Another possibility would be to incorporate slippage as a(n) discount (exaggeration) to profits (losses). A ballpark number I have in mind is 3%. If I sell a 10-point spread for $0.60 and close it for $0.10 then I make ~5% on it. If I discount that to 2% then I make $0.20, which is about $0.14 slippage per spread traded (leaving $1/contract for commissions).
I should expect execution to deteriorate in fast-moving markets. Since I don’t vary execution in backtesting, I should be liberal with slippage to get a realistic average. I’m not sure $0.14 per spread quite accomplishes that.
A few years ago I backtested 100-point put spreads. I intended to let the long option expire worthless, which cut slippage. The exception was when the market moved down significantly causing the long option to increase in value. With a profit-taking rule I could realize a gain before the market reverses causing the option to expire worthless. This would also prevent me from realizing a huge gain in the rare situation no reversal takes place. While a material difference exists between the two, it may be a moot point if the small sample size lacks enough consistency for future relevance.
More specifically, over the last 15 years a deep-out-of-the-money put would have gained material value roughly 11 times. These include: Sep 2001, summer 2002, June 2006, Jul 2007, Jan 2008, fall 2008, winter 2009, May 2010, summer 2011, Aug 2015, and Jan 2016. Of these 11, I’m more certain about seven (significant volatility increases). I could divide and say it happens every 16-24 months but that is an artificial construct. It happens so infrequently that I should not be surprised to go multiples of 16-24 months without experiencing it.

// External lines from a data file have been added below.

//! The parts of a cluster, one by one.
//!
//! A [`MemorySlot`] is a memory node that runs or is down, and a [`Book`] has what the cluster counts: the history,
//! and who has not granted yet what is in doubt. What they stand for of the story of a cluster is defined in
//! `specs/Slots.antt` and `specs/Books.antt`.
#![tactic(auto)]

mod book;
mod delivered;
mod granting;
mod memory_slot;

pub use book::Book;
pub use delivered::{Delivered, DownCause, Handled};
pub use granting::{grants, is_change, is_granted_vote, may_grant};
pub use memory_slot::MemorySlot;
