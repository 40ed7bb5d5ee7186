//! Making a minitransaction of the most items and bytes that there may be, beside a copy of as many bytes.

use crate::refused::refused;
use mini_tx::{Bytes, Item, Items, MAX_ITEM_BYTES, MAX_ITEMS, Mini};
use std::io;
use std::rt::Clock;
use std::time::{Duration, Instant};

/// How often each call is made.
const ROUNDS: u32 = 200;

/// The memory nodes of the cluster.
const MEMORIES: u32 = 8;

/// The bytes of each item.
const ITEM_BYTES: usize = MAX_ITEM_BYTES / MAX_ITEMS;

/// How far apart the items of a memory node begin.
const STEP: u32 = 4_096;

/// Times each call.
pub fn run<R: Print + Clock + AllocGlobal>(rt: &R) -> io::Result<()> {
    time_copy_of_all_bytes(rt)?;
    time_mini_new(rt)
}

fn time_copy_of_all_bytes<R: Print + Clock + AllocGlobal>(rt: &R) -> io::Result<()> {
    let mut bytes = Vec::from_elem(rt.alloc(), 7, MAX_ITEM_BYTES)?;
    let mut copied = Vec::from_elem(rt.alloc(), 0, MAX_ITEM_BYTES)?;
    let mut sum = 0u64;
    let start = Instant::now(rt)?;
    for round in 0..ROUNDS {
        copy_bytes(&bytes, &mut copied);
        let at = (round % 4_096) as usize;
        if let Some(byte) = copied.get(at) {
            sum = sum.wrapping_add(u64::from(*byte));
        }
        if let Some(byte) = bytes.get_mut(at) {
            *byte = (round % 256) as u8;
        }
    }
    report(rt, "copy_of_all_bytes", start.elapsed(rt)?, sum)
}

fn time_mini_new<R: Print + Clock + AllocGlobal>(rt: &R) -> io::Result<()> {
    let mut took = Duration::ZERO;
    let mut sum = 0u64;
    for round in 0..ROUNDS {
        let items = items_of(rt, round)?;
        let start = Instant::now(rt)?;
        let mini = Mini::new(rt.alloc(), items, MEMORIES, u32::MAX);
        took = took.saturating_add(start.elapsed(rt)?);
        match mini {
            Ok(mini) => sum = sum.wrapping_add(mini.participants().len() as u64),
            Err(_) => return Err(refused()),
        }
    }
    report(rt, "mini_new", took, sum)
}

// The most write items of the most bytes, all of one memory node, so that each is held against each; none
// overlap.
fn items_of<R: AllocGlobal>(rt: &R, round: u32) -> io::Result<Items> {
    let mut items = Vec::with_capacity(rt.alloc(), MAX_ITEMS)?;
    for index in 0..MAX_ITEMS as u32 {
        let bytes = Bytes::from(Vec::from_elem(rt.alloc(), 7, ITEM_BYTES)?);
        items.push(Item::Write {
            memory: 0,
            at: round.wrapping_add(index * STEP),
            bytes,
        })?;
    }
    Ok(Items::from(items))
}

// Prints the line of a call.
fn report<R: Print + Clock>(rt: &R, name: &str, took: Duration, sum: u64) -> io::Result<()> {
    println!(rt; "{name} {} {ROUNDS} {sum}", took.as_nanos())
}

#[inline(never)]
fn copy_bytes(from: &[u8], into: &mut [u8]) {
    if from.len() == into.len() {
        into.copy_from_slice(from);
    }
}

Inclusion of a profit-taking rule will realize more consistent profits at the cost of a few huge gainers. I cannot determine whether this is roughly equal because of the small sample size, though. This is a rare instance where 15+ years of data is probably not enough. It might amount to the difference between having a quantifiable profit-taking rule and the undefined potential of purchasing a lottery ticket.